[Stored data entries]
//! The ends of lines, each after the name of a file.

ghost use Rattle.std.specs.Prelude.{◌≡◌, ◌+◌, ◌≤◌, ◌++◌, decimal, length};
ghost use Rattle.arrayvec.specs.ArrayVec.{array_vec_len};
ghost use Rattle.packtool_commands.specs.Files.{hex_of};

use arrayvec::ArrayVec;
use gix_hash::{Kind, ObjectId};
use itoa::Buffer;

// The length of the longest end: two ids of 64 digits, and 61 bytes around them.
const MAX_LEN: usize = 189;

/// What is after the name of a file in its line.
pub(crate) type LineEnd = ArrayVec<u8, MAX_LEN>;

/// Adds an id after a text.
pub(crate) fn push_digest(line: &mut LineEnd, text: &[u8], id: &ObjectId)
    requires { array_vec_len line.old + length text.now + 64 ≤ MAX_LEN }
    ensures text { line.new.items ≡ line.old.items ++ text.now ++ hex_of id.now }
    ensures len { array_vec_len line.new ≤ array_vec_len line.old + length text.now + 64 }
{
    push(line, text);
    push(line, id.hex_to_buf(&mut Kind::hex_buf()).as_bytes());
}

/// Adds a number after a text.
pub(crate) fn push_number(line: &mut LineEnd, text: &[u8], number: u64)
    requires { array_vec_len line.old + length text.now + 20 ≤ MAX_LEN }
    ensures text { line.new.items ≡ line.old.items ++ text.now ++ decimal number }
    ensures len { array_vec_len line.new ≤ array_vec_len line.old + length text.now + 20 }
{
    push(line, text);
    push(line, Buffer::new().format(number).as_bytes());
}

/// Adds bytes, for which there is room.
pub(crate) fn push<const N: usize>(line: &mut ArrayVec<u8, N>, bytes: &[u8])
    requires { array_vec_len line.old + length bytes.now ≤ N }
    ensures { line.new.items ≡ line.old.items ++ bytes.now }
{
    line.try_extend_from_slice(bytes).unwrap();
}
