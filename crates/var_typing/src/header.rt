//! The header of a view: its database, its table label and its columns.
ghost use Rattle.std.specs.Prelude.{◌≡◌, ◌≤◌, ◌++◌, ◌∷◌, [], length, is_some, Some, None, OnOk};
ghost use Rattle.ss_text.specs.Texts.{is_in};
ghost use Rattle.view_def.specs.Tree.{tree_of};
ghost use Rattle.var_typing.specs.Header.{name_label_fault, database_fault, label_fault, columns_fault, column_places, column_after, count_fault, header_fault, header_of, header_parts, column_parts, parts_of, with_column};
ghost use Rattle.view_def.specs.declared.typed.Place.TheVariants as place;
ghost use Rattle.var_typing.specs.declared.fault.TypeFault.TheVariants.{TwoVariableColumns, ColumnTwice};
ghost use Rattle.var_typing.specs.Refusals.{where_true, ◌or_else◌, Answers, IsJudged};
ghost use Rattle.var_typing.specs.Scope.{variable_named, place_named};

use crate::TypeFault;
use crate::scope::Scope;
use indexmap::IndexSet;
use ss_text::{Text, table_label_legal};
use std::alloc::Global;
use view_def::{Name, Place, ViewText};

/// What the columns stand for: the constants in order, and the place among the columns of the one variable.
#[derive(Drop)]
pub(crate) struct Columns {
    pub constants: IndexSet<Text>,
    pub spot: Option<usize>,
    pub column: Option<Place>,
}

/// The view database, the table label and the columns.
#[derive(Drop)]
pub(crate) struct Header {
    pub view_db: Text,
    pub label: Place,
    pub columns: Columns,
}

/// The header of a view, which has as many terms as columns.
pub(crate) fn type_header(
    alloc: Global,
    scope: &Scope<'_>,
    view: &ViewText,
) -> Result<Header, TypeFault>
    requires whole { scope.now.decls.now ≡ view.now.decls.items }
    requires few { length view.now.decls.items ≤ 8 }
    ensures { let t = tree_of view.now in
        Answers header_parts (header_fault t or_else count_fault t) (header_of t) result }
{
    let view_db = type_database(scope, &view.view_db)?;
    let label = type_label(scope, &view.label)?;
    let columns = type_columns(alloc, scope, &view.columns)?;
    check_count(view)?;
    Ok(Header {
        view_db,
        label,
        columns,
    })
}

// A name that is no variable.
fn legal_label(name: &Text) -> Result<Text, TypeFault>
    ensures { Answers (λ t. t) (name_label_fault name.now) name.now result }
{
    let name = name.copy()?;
    if table_label_legal(&name) {
        Ok(name)
    } else {
        Err(TypeFault::BadLabel { name })
    }
}

fn type_database(scope: &Scope<'_>, name: &Name) -> Result<Text, TypeFault>
    ensures { let variable = variable_named scope.now.decls.now name.now in
        Answers (λ t. t) (database_fault name.now.text variable) name.now.text result }
{
    match scope.variable(name) {
        None => legal_label(&name.text),
        Some(_) => Err(TypeFault::WrongKind {
            name: name.text.copy()?,
        }),
    }
}

fn type_label(scope: &Scope<'_>, name: &Name) -> Result<Place, TypeFault>
    requires { length scope.now.decls.now ≤ 8 }
    ensures { let ds = scope.now.decls.now in
        Answers (λ p. p) (label_fault ds name.now.text (variable_named ds name.now)) (place_named ds name.now) result }
{
    match scope.variable(name) {
        None => Ok(Place::Fixed(legal_label(&name.text)?)),
        Some(place) => Ok(Place::Var(scope.text_variable(place, &name.text)?)),
    }
}

fn type_columns(alloc: Global, scope: &Scope<'_>, columns: &[Name]) -> Result<Columns, TypeFault>
    requires { length scope.now.decls.now ≤ 8 }
    ensures { let ds = scope.now.decls.now in
        Answers column_parts (columns_fault ds columns.now) (parts_of (column_places ds columns.now)) result }
{
    let mut typed = Columns {
        constants: IndexSet::new(alloc),
        spot: None,
        column: None,
    };
    for (place, name) in columns.iter().enumerate() {
        typed.add(scope, place, name)?;
    }
    if typed.constants.is_empty() {
        return Err(TypeFault::NoConstantColumn);
    }
    Ok(typed)
}

impl Columns {
    // One more column.
    fn add(&mut self, scope: &Scope<'_>, spot: usize, name: &Name) -> Result<(), TypeFault>
        requires { length scope.now.decls.now ≤ 8 }
        ensures passes { let ds = scope.now.decls.now in let varies = is_some self.old.spot in
            IsJudged (column_after ds self.old.constants.keys varies name.now.text (variable_named ds name.now)) result }
        ensures added { let column = place_named scope.now.decls.now name.now in
            OnOk result (column_parts self.new ≡ with_column spot column (column_parts self.old)) }
    {
        match scope.variable(name) {
            None => add_constant(&mut self.constants, &name.text),
            Some(place) => {
                let variable = scope.text_variable(place, &name.text)?;
                self.add_variable(spot, variable, &name.text)
            }
        }
    }

    fn add_variable(&mut self, spot: usize, variable: u32, name: &Text) -> Result<(), TypeFault>
        ensures passes { IsJudged (where_true (is_some self.old.spot) (TwoVariableColumns name.now)) result }
        ensures added { OnOk result
            (column_parts self.new ≡ with_column spot (place.Var variable) (column_parts self.old)) }
    {
        if self.spot.is_some() {
            return Err(TypeFault::TwoVariableColumns { var: name.copy()? });
        }
        self.spot = Some(spot);
        self.column = Some(Place::Var(variable));
        Ok(())
    }
}

fn add_constant(constants: &mut IndexSet<Text>, name: &Text) -> Result<(), TypeFault>
    ensures passes { IsJudged (where_true (is_in name.now constants.old.keys) (ColumnTwice name.now)) result }
    ensures added { OnOk result (constants.new.keys ≡ constants.old.keys ++ name.now ∷ []) }
{
    let name = name.copy()?;
    if constants.contains(&name) {
        return Err(TypeFault::ColumnTwice { name });
    }
    constants.insert(name)?;
    Ok(())
}

fn check_count(view: &ViewText) -> Result<(), TypeFault>
    ensures { IsJudged (count_fault (tree_of view.now)) result }
{
    let columns = view.columns.len();
    let terms = view.select.len();
    if columns != terms {
        return Err(TypeFault::CountDiffers { columns, terms });
    }
    Ok(())
}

- _REQUIRED WORK_
Among the records above, find each line holding "ColumnTwice" and list it.

- _WRITTEN SOLUTION_
ghost use Rattle.var_typing.specs.declared.fault.TypeFault.TheVariants.{TwoVariableColumns, ColumnTwice};
    ensures passes { IsJudged (where_true (is_in name.now constants.old.keys) (ColumnTwice name.now)) result }
        return Err(TypeFault::ColumnTwice { name });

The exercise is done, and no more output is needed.